- Born: May 16, 1897
- Died: September 24, 1985 (aged 88) Keene, New Hampshire, U.S.
- Occupation: Registered Nurse
- Parent(s): Israel Sadoques Mary Watso

= Elizabeth Sadoques Mason =

Indian-American nurse

Elizabeth Mary Sadoques Mason (May 16, 1897 – September 24, 1985) was one of the first Native American Registered Nurses known in United States. Though not much is known about her career, Elizabeth finished nursing school in New York in 1919 and worked as a nurse to artist Abbot Handerson Thayer. She spent her nursing career between Elliot Community Hospital in Keene, NH and private-duty nursing in her community, even going to Bermuda for one patient.

== Background ==
Elizabeth was the youngest child born to the family of Israel Sadoques and Mary Watso, Abenaki Indians. Originally from Odanak Reserve, in Quebec, Canada, the family migrated to Keene, New Hampshire in 1880, where they operated a basketmaking and tannery business. Elizabeth had 5 sisters, Mary, Ida, Margaret, Agnes, and Maude. Margaret owned and operated a millinery shop in Keene until 1961. Maude became a registered nurse prior to her sister and was also an Episcopalian nun, taking the name of Sister Benedicta. She is believed to have been the first Native American to become a nun in the Episcopalian church. Elizabeth also had 2 brothers, Israel and Edward.
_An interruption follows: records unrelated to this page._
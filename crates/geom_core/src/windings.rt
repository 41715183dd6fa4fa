ghost use Rattle.std.specs.Prelude.{◌≢◌, ℤ, pos};
ghost use Rattle.geom_core.specs.declared.screens.Spot.{Spot};
ghost use Rattle.geom_core.specs.Winding.{winding};
ghost use Rattle.geom_core.specs.Depth.{divisor};

/// Interpolating a depth never divides by 0: a triangle that winds round a point has an area.
///
/// The divisor is twice the triangle's signed area, so it is the same at each point that the triangle covers.
#[tactic(auto, using(crate::proofs::DivisorLaws::divisor_nonzero))]
pub fn divisor_is_not_zero()
    ensures { (a b c : Spot) (x y : ℤ) → winding a b c x y ≢ pos 0 → divisor a b c x y ≢ pos 0 }
{}
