use crate::{
    Break, Directory, Header, Page, Refused, decode_directory, decode_header, digest_of,
    encode_directory, encode_header,
};
use dag_core::Counts;
use geom_core::Digest32;
use std::alloc::Global;
use std::test::Fail;

fn is_shared<T: Send + Sync>() -> bool {
    true
}

#[test]
fn decoded_values_are_shared(rt: HostRuntime) -> Result<(), Fail> {
    assert!(rt; is_shared::<Page>());
    assert!(rt; is_shared::<Directory>());
    Ok(())
}

/// The digest of "abc" in the standard's example (FIPS 180-4).
#[test]
fn digests_are_sha_256(rt: HostRuntime) -> Result<(), Fail> {
    let digest = digest_of(b"abc");
    assert_eq!(rt; digest.bytes[0], 0xba);
    assert_eq!(rt; digest.bytes[31], 0xad);
    Ok(())
}

#[test]
fn header_of_the_two_squares(rt: HostRuntime) -> Result<(), Fail> {
    let header = Header {
        version: 1,
        counts: two_squares_counts(),
        digest: Digest32 { bytes: [7; 32] },
    };
    let bytes = encode_header(&header);
    assert_eq!(rt; decode_header(&bytes), header);
    Ok(())
}

fn two_squares_counts() -> Counts {
    Counts {
        groups: 3,
        clusters: 4,
        pages: 3,
        roots: 1,
        sources: 8,
    }
}
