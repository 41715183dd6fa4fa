ghost use Rattle.std.specs.Prelude.{◌≡◌, ◌≤◌, IfOk, All, length};
ghost use Rattle.geom_core.specs.Limits.{HasGridCorners, IsGridCoordinate, IsGridPoint};
ghost use Rattle.partition.specs.Groups.{IsGridShape};

use crate::{ClusterShape, Edges, cut_clusters, cut_groups, morton};
use geom_core::limits::MAX_COORDINATE;
use geom_core::{Memory, Nums, Pt, Tri};
use half_mesh::Edge;
use std::alloc::Global;
use std::test::Fail;

/// A point of a table.
type Corner = (i32, i32, i32);

/// A triangle of a table.
type Corners = (Corner, Corner, Corner);

/// The coordinate of a mesh nearest to a number.
fn coordinate(n: i32) -> i32
    ensures { IsGridCoordinate result }
{
    let far = MAX_COORDINATE as i32;
    n.clamp(-far, far)
}

fn point(corner: Corner) -> Pt
    ensures { IsGridPoint result }
{
    let (x, y, z) = corner;
    Pt {
        x: coordinate(x),
        y: coordinate(y),
        z: coordinate(z),
    }
}

fn triangle(corners: Corners) -> Tri
    ensures { HasGridCorners result }
{
    let (a, b, c) = corners;
    Tri {
        a: point(a),
        b: point(b),
        c: point(c),
    }
}

fn triangles(alloc: Global, table: &[Corners]) -> Result<Vec<Tri>, Memory>
    ensures count { IfOk result (λ tris. length tris.items ≡ length table.now) }
    ensures range { IfOk result (λ tris. All HasGridCorners tris.items) }
{
    let mut tris = Vec::new(alloc);
    for corners in table {
        tris.push(triangle(*corners))?;
    }
    Ok(tris)
}

/// The clusters of the triangles of a table.
fn clusters_of(alloc: Global, table: &[Corners]) -> Result<Vec<Nums>, Memory>
    requires { length table.now ≤ 1024 }
{
    let tris = triangles(alloc, table)?;
    cut_clusters(alloc, &tris)
}

/// The first triangles of a strip of unit squares: of each square the one below its diagonal, then the one
/// above.
fn strip(alloc: Global, count: u16) -> Result<Vec<Corners>, Memory>
    ensures { IfOk result (λ table. length table.items ≡ count) }
{
    let mut table = Vec::new(alloc);
    for number in 0..count {
        let x = i32::from(number / 2);
        let lower = ((x, 0, 0), (x + 1, 0, 0), (x + 1, 1, 0));
        let upper = ((x, 0, 0), (x + 1, 1, 0), (x, 1, 0));
        table.push(if number % 2 == 0 { lower } else { upper })?;
    }
    Ok(table)
}

/// The numbers of the triangles of a strip of 64 squares, in the order in which they grow.
fn strip_order(alloc: Global) -> Result<Vec<u32>, Memory> {
    let mut order = vec![in alloc; 0, 1]?;
    for square in 1..64 {
        order.push(2 * square + 1)?;
        order.push(2 * square)?;
    }
    Ok(order)
}

#[test]
fn a_strip_of_128_triangles_is_one_cluster(rt: HostRuntime) -> Result<(), Fail> {
    let alloc = rt.alloc();
    let table = strip(alloc, 128)?;
    let clusters = clusters_of(alloc, &table)?;
    assert_eq!(rt; clusters.len(), 1);
    assert_eq!(rt; clusters[0].as_slice(), strip_order(alloc)?.as_slice());
    Ok(())
}

#[test]
fn the_129th_triangle_of_a_strip_begins_a_cluster(rt: HostRuntime) -> Result<(), Fail> {
    let alloc = rt.alloc();
    let table = strip(alloc, 129)?;
    let clusters = clusters_of(alloc, &table)?;
    assert_eq!(rt; clusters.len(), 2);
    assert_eq!(rt; clusters[0].as_slice(), strip_order(alloc)?.as_slice());
    assert_eq!(rt; clusters[1].as_slice(), [128].as_slice());
    Ok(())
}

#[test]
fn triangles_go_on_over_shared_edges(rt: HostRuntime) -> Result<(), Fail> {
    let alloc = rt.alloc();
    let first = ((0, 0, 0), (8, 0, 0), (8, 8, 0));
    let at_a_point = ((0, 0, 0), (0, 8, 0), (0, 0, 8));
    let between = ((2, 0, 0), (2, 4, 0), (2, 0, 4));
    let folded = ((8, 0, 0), (8, 0, 0), (0, 0, 0));
    let post = ((0, 0, 0), (0, 0, 8), (4, 0, 0));
    let cases: [(&str, &[Corners], &[u32]); 9] = [
        ("one triangle", &[first], &[0]),
        (
            "a shared point makes no neighbours",
            &[first, at_a_point, ((8, 0, 0), (16, 0, 0), (8, 8, 0))],
            &[0, 2, 1],
        ),
        (
            "an edge run opposite ways",
            &[first, at_a_point, ((8, 8, 0), (8, 0, 0), (16, 0, 0))],
            &[0, 2, 1],
        ),
        (
            "an edge run one way",
            &[first, at_a_point, ((8, 0, 0), (8, 8, 0), (16, 0, 0))],
            &[0, 2, 1],
        ),
        (
            "an edge from a point to itself",
            &[folded, at_a_point, ((8, 0, 0), (8, 0, 0), (16, 0, 0))],
            &[0, 2, 1],
        ),
        (
            "a doubled triangle",
            &[first, between, first, ((8, 0, 0), (16, 0, 0), (8, 8, 0))],
            &[0, 2, 3, 1],
        ),
        (
            "three triangles on one edge",
            &[
                post,
                ((2, 2, 0), (2, 4, 0), (4, 4, 0)),
                ((0, 0, 8), (0, 0, 0), (-4, 0, 0)),
                ((0, 0, 0), (0, 0, 8), (0, 4, 0)),
            ],
            &[2, 0, 3, 1],
        ),
        (
            "keys before numbers",
            &[
                ((80, 0, 0), (88, 0, 0), (88, 8, 0)),
                ((40, 0, 0), (48, 0, 0), (48, 8, 0)),
                first,
            ],
            &[2, 1, 0],
        ),
        (
            "x counts least, z most",
            &[
                ((0, 0, 4), (0, 0, 4), (0, 0, 4)),
                ((0, 4, 0), (0, 4, 0), (0, 4, 0)),
                ((4, 0, 0), (4, 0, 0), (4, 0, 0)),
            ],
            &[2, 1, 0],
        ),
    ];
    for (name, table, want) in cases {
        assert!(rt; table.len() < 10, "{name}");
        let clusters = clusters_of(alloc, table)?;
        assert_eq!(rt; clusters.len(), 1, "{name}");
        assert_eq!(rt; clusters[0].as_slice(), want, "{name}");
    }
    assert!(rt; clusters_of(alloc, &[])?.is_empty());
    Ok(())
}

/// A cluster whose rim has these edges.
fn shape(alloc: Global, low: Corner, rim: &[(Corner, Corner)]) -> Result<ClusterShape, Memory>
    ensures { IfOk result IsGridShape }
{
    let mut edges = Vec::new(alloc);
    for (u, v) in rim {
        edges.push(Edge {
            u: point(*u),
            v: point(*v),
        })?;
    }
    Ok(ClusterShape {
        low: point(low),
        rim: Edges::of(edges),
    })
}

#[test]
fn two_clusters_of_a_strip_are_one_group(rt: HostRuntime) -> Result<(), Fail> {
    let alloc = rt.alloc();
    let first = [
        ((0, 0, 0), (0, 1, 0)),
        ((0, 0, 0), (1, 0, 0)),
        ((63, 1, 0), (64, 1, 0)),
        ((64, 0, 0), (64, 1, 0)),
    ];
    let second = [
        ((64, 0, 0), (65, 0, 0)),
        ((64, 0, 0), (65, 1, 0)),
        ((65, 0, 0), (65, 1, 0)),
    ];
    let shapes = vec![in alloc;
        shape(alloc, (0, 0, 0), &first)?,
        shape(alloc, (64, 0, 0), &second)?,
    ]?;
    let groups = cut_groups(alloc, &shapes)?;
    assert_eq!(rt; groups.len(), 1);
    assert_eq!(rt; groups[0].as_slice(), [0, 1].as_slice());
    Ok(())
}

#[test]
fn clusters_go_on_over_shared_edges_of_their_rims(rt: HostRuntime) -> Result<(), Fail> {
    let alloc = rt.alloc();
    let origin = (0, 0, 0);
    let right = (8, 0, 0);
    let shapes = vec![in alloc;
        shape(alloc, origin, &[(origin, right), (right, (8, 8, 0))])?,
        shape(alloc, (2, 0, 0), &[(origin, (0, 8, 0))])?,
        shape(alloc, right, &[(right, (8, 8, 0)), (right, (16, 0, 0))])?,
    ]?;
    let groups = cut_groups(alloc, &shapes)?;
    assert_eq!(rt; groups.len(), 1);
    assert_eq!(rt; groups[0].as_slice(), [0, 2, 1].as_slice());
    assert_eq!(rt; shapes[1].rim.as_slice().len(), 1);
    assert!(rt; cut_groups(alloc, &[])?.is_empty());
    Ok(())
}

/// Clusters side by side along x, of which none shares an edge with another.
fn row_of_shapes(alloc: Global, count: u8) -> Result<Vec<ClusterShape>, Memory>
    ensures count { IfOk result (λ shapes. length shapes.items ≡ count) }
    ensures range { IfOk result (λ shapes. All IsGridShape shapes.items) }
{
    let mut shapes = Vec::new(alloc);
    for number in 0..count {
        let x = 4 * i32::from(number);
        shapes.push(shape(alloc, (x, 0, 0), &[((x, 0, 0), (x + 4, 0, 0))])?)?;
    }
    Ok(shapes)
}

#[test]
fn the_ninth_cluster_begins_a_group(rt: HostRuntime) -> Result<(), Fail> {
    let alloc = rt.alloc();
    let shapes = row_of_shapes(alloc, 9)?;
    let groups = cut_groups(alloc, &shapes)?;
    assert_eq!(rt; groups.len(), 2);
    assert_eq!(rt; groups[0].as_slice(), [0, 1, 2, 3, 4, 5, 6, 7].as_slice());
    assert_eq!(rt; groups[1].as_slice(), [8].as_slice());
    Ok(())
}

#[test]
fn clusters_or_want_of_memory(rt: HostRuntime) -> Result<(), Fail> {
    let first = ((0, 0, 0), (8, 0, 0), (8, 8, 0));
    let between = ((2, 0, 0), (2, 4, 0), (2, 0, 4));
    match clusters_of(rt.alloc(), &[first, between, first]) {
        Ok(clusters) => {
            assert_eq!(rt; clusters.len(), 1);
            assert_eq!(rt; clusters[0].as_slice(), [0, 2, 1].as_slice());
        }
        Err(Memory) => (),
    }
    Ok(())
}

#[test]
fn groups_or_want_of_memory(rt: HostRuntime) -> Result<(), Fail> {
    let Ok(shapes) = row_of_shapes(rt.alloc(), 2) else {
        return Ok(());
    };
    match cut_groups(rt.alloc(), &shapes) {
        Ok(groups) => {
            assert_eq!(rt; groups.len(), 1);
            assert_eq!(rt; groups[0].as_slice(), [0, 1].as_slice());
        }
        Err(Memory) => (),
    }
    Ok(())
}

#[test]
fn edges_go_in_and_come_out(rt: HostRuntime) -> Result<(), Fail> {
    let edge = Edge {
        u: point((0, 0, 0)),
        v: point((0, 0, 8)),
    };
    let edges = Edges::of(vec![in rt.alloc(); edge]?);
    assert_eq!(rt; edges.as_slice(), [edge].as_slice());
    assert_eq!(rt; edges.into_vec().as_slice(), [edge].as_slice());
    Ok(())
}

#[test]
fn keys_are_the_bits_in_turn(rt: HostRuntime) {
    let cases = [
        ((-1_048_576, -1_048_576, -1_048_576), 0),
        ((-1_048_574, -1_048_572, -1_048_570), 53),
        ((1_048_576, 1_048_576, 1_048_576), 0x7000_0000_0000_0000),
        ((-1_048_575, -1_048_576, -1_048_576), 0),
    ];
    for (corner, want) in cases {
        assert_eq!(rt; morton(point(corner)), want);
    }
}
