ghost use Rattle.std.specs.Prelude.{◌≡◌, ◌≤◌, ◌<◌};
ghost use Rattle.sha2.specs.Sha256.{sha256};
ghost use Rattle.dag_core.specs.Ranges.{AreCountsInRange};
ghost use Rattle.page_codec.specs.Spelling.{directory_digest, page_at};

use crate::headers::counts_record;
use crate::sizes::{CLUSTER_BYTES, DIGEST_BYTES, GROUP_BYTES, HEADER_BYTES};
use dag_core::Counts;
use geom_core::Digest32;
use geom_core::limits::PAGE_BYTES;
use sha2::{Digest, Sha256};

/// Returns the SHA-256 digest of the bytes (FIPS 180-4).
pub fn digest_of(bytes: &[u8]) -> Digest32
    ensures digest { result.bytes ≡ sha256 bytes.now }
{
    Digest32 {
        bytes: Sha256::digest(bytes),
    }
}

/// Returns the digest that the header of a file has: of the version, the counts and the directory's bytes.
pub fn directory_digest(version: u32, counts: &Counts, directory: &[u8]) -> Digest32
    ensures digest { result.bytes ≡ directory_digest version counts.now directory.now }
{
    let mut hasher = Sha256::new();
    hasher.update(&counts_record(version, counts));
    hasher.update(directory);
    Digest32 {
        bytes: hasher.finalize(),
    }
}

/// Returns the place of page `page` in a file with these counts, in bytes. The place of the page after the last one
/// is the file's length.
pub fn page_at(counts: &Counts, page: u32) -> u64
    ensures place { result ≡ page_at counts.now page }
{
    let groups = u64::from(GROUP_BYTES) * u64::from(counts.groups);
    let clusters = u64::from(CLUSTER_BYTES) * u64::from(counts.clusters);
    let digests = u64::from(DIGEST_BYTES) * u64::from(counts.pages);
    let directory = groups + clusters + digests;
    u64::from(HEADER_BYTES) + directory + u64::from(PAGE_BYTES) * u64::from(page)
}
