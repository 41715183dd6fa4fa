//! Laws of distances and boxes, as functions without a body: each clause holds for all values that it names.

ghost use Rattle.std.specs.Prelude.{◌≡◌, ◌+◌, ◌≤◌, All, IfSome, IsTrue, List};
ghost use Rattle.geom_core.specs.declared.boxes.Cube.{Cube};
ghost use Rattle.geom_core.specs.declared.points.Pt.{Pt};
ghost use Rattle.geom_core.specs.declared.triangles.Tri.{Tri};
ghost use Rattle.geom_core.specs.Boxes.{holds_box, holds_point, hull_of, is_under, join_of};
ghost use Rattle.geom_core.specs.Distance.{box_distance, distance};
ghost use Rattle.geom_core.specs.Shift.{shift_of};

/// The Chebyshev distance is a metric: 0 exactly between equal points, symmetric, and never shortened by a detour.
pub fn distance_is_a_metric()
    ensures zero { (p : Pt) → distance p p ≡ 0 }
    ensures equal { (p q : Pt) → distance p q ≡ 0 → p ≡ q }
    ensures symmetric { (p q : Pt) → distance p q ≡ distance q p }
    ensures triangle { (p q r : Pt) → distance p r ≤ distance p q + distance q r }
{}

/// Shifts are bounded by their sum: a triangle moved twice is moved by at most both shifts together.
pub fn shifts_add_up()
    ensures zero { (t : Tri) → shift_of t t ≡ 0 }
    ensures triangle { (t u v : Tri) → shift_of t v ≤ shift_of t u + shift_of u v }
{}

/// Containment is reflexive and transitive, and a box holds the points of each box that it holds.
pub fn boxes_in_boxes()
    ensures itself { (box : Cube) → IsTrue (holds_box box box) }
    ensures chain { (a b c : Cube) → IsTrue (holds_box a b) → IsTrue (holds_box b c) →
        IsTrue (holds_box a c) }
    ensures points { (outer inner : Cube) (p : Pt) → IsTrue (holds_box outer inner) →
        IsTrue (holds_point inner p) → IsTrue (holds_point outer p) }
{}

/// A join is the smallest box that holds both. Its corners are in order if those of the first box are.
pub fn joins_are_least_boxes()
    ensures first { (a b : Cube) → IsTrue (holds_box (join_of a b) a) }
    ensures second { (a b : Cube) → IsTrue (holds_box (join_of a b) b) }
    ensures least { (a b outer : Cube) → IsTrue (holds_box outer a) → IsTrue (holds_box outer b) →
        IsTrue (holds_box outer (join_of a b)) }
    ensures corners { (a b : Cube) → IsTrue (is_under a.lo a.hi) →
        IsTrue (is_under (join_of a b).lo (join_of a b).hi) }
{}

/// A hull is the smallest box that holds the points, and its corners are in order.
pub fn hulls_are_least_boxes()
    ensures each { (points : List Pt) →
        IfSome (hull_of points) (λ box. All (λ p. IsTrue (holds_point box p)) points) }
    ensures least { (points : List Pt) (outer : Cube) →
        All (λ p. IsTrue (holds_point outer p)) points →
        IfSome (hull_of points) (λ box. IsTrue (holds_box outer box)) }
    ensures corners { (points : List Pt) →
        IfSome (hull_of points) (λ box. IsTrue (is_under box.lo box.hi)) }
{}

/// The distance from a box is that from its nearest point, if there is a point in the box.
pub fn box_distance_is_from_the_nearest_point()
    ensures least { (box : Cube) (p q : Pt) → IsTrue (holds_point box q) →
        box_distance box p ≤ distance q p }
    ensures reached { (box : Cube) (p : Pt) → IsTrue (is_under box.lo box.hi) →
        (q : Pt) × IsTrue (holds_point box q) × (distance q p ≡ box_distance box p) }
    ensures zero { (box : Cube) (p : Pt) → IsTrue (holds_point box p) → box_distance box p ≡ 0 }
{}

/// Of two boxes, the one that holds the other is no further from any point. The inner box's corners must be in
/// order; the outer one's then are too.
pub fn outer_boxes_are_no_further()
    ensures { (outer inner : Cube) (p : Pt) → IsTrue (is_under inner.lo inner.hi) →
        IsTrue (holds_box outer inner) → box_distance outer p ≤ box_distance inner p }
{}
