ghost use Rattle.std.specs.Prelude.{◌≡◌, ◌≤◌, ◌<◌, ◌*◌, ℕ, All, IfErr, IfOk, IfSome, OnOk, length, map, sum_by, None};
ghost use Rattle.dag_core.specs.Members.{cluster_at};
ghost use Rattle.dag_core.specs.Pages.{clusters_on};
ghost use Rattle.dag_core.specs.Ranges.{IsInRange};
ghost use Rattle.dag_core.specs.Rules.{Checked};
ghost use Rattle.page_codec.specs.Breaks.{first_page_break, Refuses};
ghost use Rattle.page_codec.specs.Fits.{FitsPage};
ghost use Rattle.page_codec.specs.PageLinks.{IsIndexOf};
ghost use Rattle.page_codec.specs.Reading.{clusters_of, page_of};
ghost use Rattle.page_codec.specs.Spelling.{page_bytes};

use crate::breaks::Refused;
use crate::first_breaks::first_page_break;
use crate::page_clusters::{clusters_on, count_tris};
use crate::page_indexes::PageIndex;
use crate::pages::{Page, PageCluster, PageClusters};
use crate::tables::read_records;
use dag_core::Heads;
use geom_core::limits::{PAGE_BYTES, TRIANGLE_BYTES};
use geom_core::{Memory, TaggedTris};
use std::alloc::Global;

/// Reads the clusters, one after the other, each with as many triangles as its head states.
fn read_clusters(
    alloc: Global,
    heads: &Heads,
    clusters: &[u32],
    bytes: &[u8],
) -> Result<Vec<PageCluster>, Memory>
    requires cluster_range { All (λ c. c < length heads.now.clusters) clusters.now }
    requires room { TRIANGLE_BYTES * sum_by (λ c. (cluster_at heads.now c).tris) clusters.now
        ≤ length bytes.now }
    ensures clusters { IfOk result (λ items. items.items ≡ clusters_of heads.now clusters.now bytes.now) }
{
    let all = heads.clusters.as_slice();
    let mut items = Vec::with_capacity(alloc, clusters.len())?;
    let mut rest = bytes;
    'clusters: for cluster in clusters {
        let count = all[*cluster as usize].tris as usize;
        let tris = TaggedTris::of(read_records(alloc, rest, count)?);
        items.push(PageCluster {
            number: *cluster,
            tris,
        })?;
        rest = &rest[TRIANGLE_BYTES as usize * count..];
    }
    Ok(items)
}

/// Decodes page `page`, with or without an index of the heads' pages.
fn decode(
    alloc: Global,
    bytes: &[u8],
    heads: &Heads,
    index: Option<&PageIndex>,
    page: u32,
) -> Result<Page, Refused>
    requires length { length bytes.now ≡ PAGE_BYTES }
    requires range { IsInRange heads.now }
    requires rules { Checked heads.now }
    requires page_range { page < heads.now.pages }
    requires index { IfSome index (λ links. IsIndexOf heads.now links.now) }
    ensures page { IfOk result (λ found. found ≡ page_of heads.now page bytes.now) }
    ensures spelling { IfOk result (λ found. page_bytes found ≡ bytes.now) }
    ensures fits { IfOk result (FitsPage heads.now) }
    ensures no_break { OnOk result (first_page_break heads.now page bytes.now ≡ None) }
    ensures bad { IfErr result (Refuses (first_page_break heads.now page bytes.now)) }
{
    let numbers = clusters_on(alloc, heads, index, page)?;
    let count = count_tris(heads, &numbers);
    match first_page_break(bytes, heads.sources, count) {
        Some(found) => Err(Refused::Bad(found)),
        None => {
            let items = read_clusters(alloc, heads, &numbers, bytes)?;
            let clusters = PageClusters::of(items);
            Ok(Page {
                number: page,
                clusters,
            })
        }
    }
}

/// Decodes page `page` of a file with these heads. All groups are looked at; for many pages see `decode_page_by`.
///
/// `Bad` comes exactly where the bytes break a rule, unless memory runs out; its offset counts from the page's start.
pub fn decode_page(alloc: Global, bytes: &[u8], heads: &Heads, page: u32) -> Result<Page, Refused>
    requires length { length bytes.now ≡ PAGE_BYTES }
    requires range { IsInRange heads.now }
    requires rules { Checked heads.now }
    requires page_range { page < heads.now.pages }
    ensures page { IfOk result (λ found. found ≡ page_of heads.now page bytes.now) }
    ensures spelling { IfOk result (λ found. page_bytes found ≡ bytes.now) }
    ensures fits { IfOk result (FitsPage heads.now) }
    ensures no_break { OnOk result (first_page_break heads.now page bytes.now ≡ None) }
    ensures bad { IfErr result (Refuses (first_page_break heads.now page bytes.now)) }
{
    decode(alloc, bytes, heads, None, page)
}

/// Decodes a page as `decode_page` does. The groups on the page come from the index, in time in proportion to them.
pub fn decode_page_by(
    alloc: Global,
    bytes: &[u8],
    heads: &Heads,
    index: &PageIndex,
    page: u32,
) -> Result<Page, Refused>
    requires length { length bytes.now ≡ PAGE_BYTES }
    requires range { IsInRange heads.now }
    requires rules { Checked heads.now }
    requires page_range { page < heads.now.pages }
    requires index { IsIndexOf heads.now index.now }
    ensures page { IfOk result (λ found. found ≡ page_of heads.now page bytes.now) }
    ensures spelling { IfOk result (λ found. page_bytes found ≡ bytes.now) }
    ensures fits { IfOk result (FitsPage heads.now) }
    ensures no_break { OnOk result (first_page_break heads.now page bytes.now ≡ None) }
    ensures bad { IfErr result (Refuses (first_page_break heads.now page bytes.now)) }
{
    decode(alloc, bytes, heads, Some(index), page)
}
She married Claude Mason and had 2 children, daughters Claudia Mason Chicklas and Mary (Molly/Mali) Mason Holland Keating.

Although the Sadoques family in Keene was fully Native American, there is an oral history of English descent in the family through Eunice Williams, a Euro-American captive taken in the Deerfield, Massachusetts raid of 1704.